ABOUT THIS EXERCISE> Your answer should be a single number, the count of lines in the material with the string "auto".

[Opening DATA SHOWN section]

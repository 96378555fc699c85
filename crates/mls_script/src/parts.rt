//! What stands behind the verbs of what looks at a relation and of what writes it.
ghost use Rattle.std.specs.Prelude.{◌<◌, length, IfOk};
ghost use Rattle.mls_parser.specs.Noted.{GivesPlaced};
ghost use Rattle.mls_script.specs.ReadParts.{look_at, keyed_at, insert_at, update_at, delete_at};

use crate::lists::{list, sets};
use crate::query::query;
use mls_lattice::{Items, LabelNo, Policy};
use mls_parser::{PlacedFault, Reader};
use mls_scheme::{RelNo, Schemes, Value, Write};
use mls_translang::Query;
use std::alloc::Global;

/// What is looked at, at which label, and what is asked of it.
#[derive(Drop)]
pub(crate) struct Look {
    pub relation: RelNo,
    pub label: LabelNo,
    pub query: Query,
}

/// A relation, and a write of it.
pub(crate) type Written = (RelNo, Write<Option<Value>>);

#[tactic(auto, unfolding(crate::specs::ReadParts::look_at))]
pub(crate) fn looking(
    alloc: Global,
    policy: &Policy,
    schemes: &Schemes,
    counts: bool,
    reader: &mut Reader,
) -> Result<Look, PlacedFault>
    ensures { GivesPlaced (λ l. (l, reader.new)) result (look_at policy.now schemes.now counts reader.old) }
{
    let relation = reader.relation(schemes)?;
    let label = reader.label_behind(policy, "at")?;
    let query = query(alloc, policy, schemes, counts, relation, reader)?;
    Ok(Look {
        relation,
        label,
        query,
    })
}

/// A relation, and a key of it.
#[tactic(auto, unfolding(crate::specs::ReadParts::keyed_at))]
fn keyed(
    alloc: Global,
    schemes: &Schemes,
    reader: &mut Reader,
) -> Result<(RelNo, Items<Option<Value>>), PlacedFault>
    ensures exact { GivesPlaced (λ x. ((x.0, x.1), reader.new)) result (keyed_at schemes.now reader.old) }
    ensures within { IfOk result (λ x. x.0 < length schemes.now) }
{
    let relation = reader.relation(schemes)?;
    reader.word("key")?;
    let key = list(alloc, reader, Some(schemes.scheme(relation).keys()))?;
    Ok((relation, key))
}

#[tactic(auto, unfolding(crate::specs::ReadParts::insert_at))]
pub(crate) fn insert(
    alloc: Global,
    schemes: &Schemes,
    reader: &mut Reader,
) -> Result<Written, PlacedFault>
    ensures { GivesPlaced (λ x. ((x.0, x.1), reader.new)) result (insert_at schemes.now reader.old) }
{
    let (relation, key) = keyed(alloc, schemes, reader)?;
    reader.word("values")?;
    let values = list(alloc, reader, Some(schemes.scheme(relation).others()))?;
    Ok((relation, Write::Insert { key, values }))
}

#[tactic(auto, unfolding(crate::specs::ReadParts::update_at))]
pub(crate) fn update(
    alloc: Global,
    policy: &Policy,
    schemes: &Schemes,
    reader: &mut Reader,
) -> Result<Written, PlacedFault>
    ensures { GivesPlaced (λ x. ((x.0, x.1), reader.new)) result (update_at policy.now schemes.now reader.old) }
{
    let (relation, key) = keyed(alloc, schemes, reader)?;
    let key_class = reader.label_behind(policy, "class")?;
    let from = reader.label_behind(policy, "from")?;
    let sets = sets(alloc, reader, schemes.scheme(relation))?;
    let write = Write::Update {
        key,
        key_class,
        from,
        sets,
    };
    Ok((relation, write))
}

#[tactic(auto, unfolding(crate::specs::ReadParts::delete_at))]
pub(crate) fn delete(
    alloc: Global,
    policy: &Policy,
    schemes: &Schemes,
    reader: &mut Reader,
) -> Result<Written, PlacedFault>
    ensures { GivesPlaced (λ x. ((x.0, x.1), reader.new)) result (delete_at policy.now schemes.now reader.old) }
{
    let (relation, key) = keyed(alloc, schemes, reader)?;
    let key_class = reader.label_behind(policy, "class")?;
    Ok((relation, Write::Delete { key, key_class }))
}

[Closing DATA SHOWN section]

PROBLEM SOLUTION> 5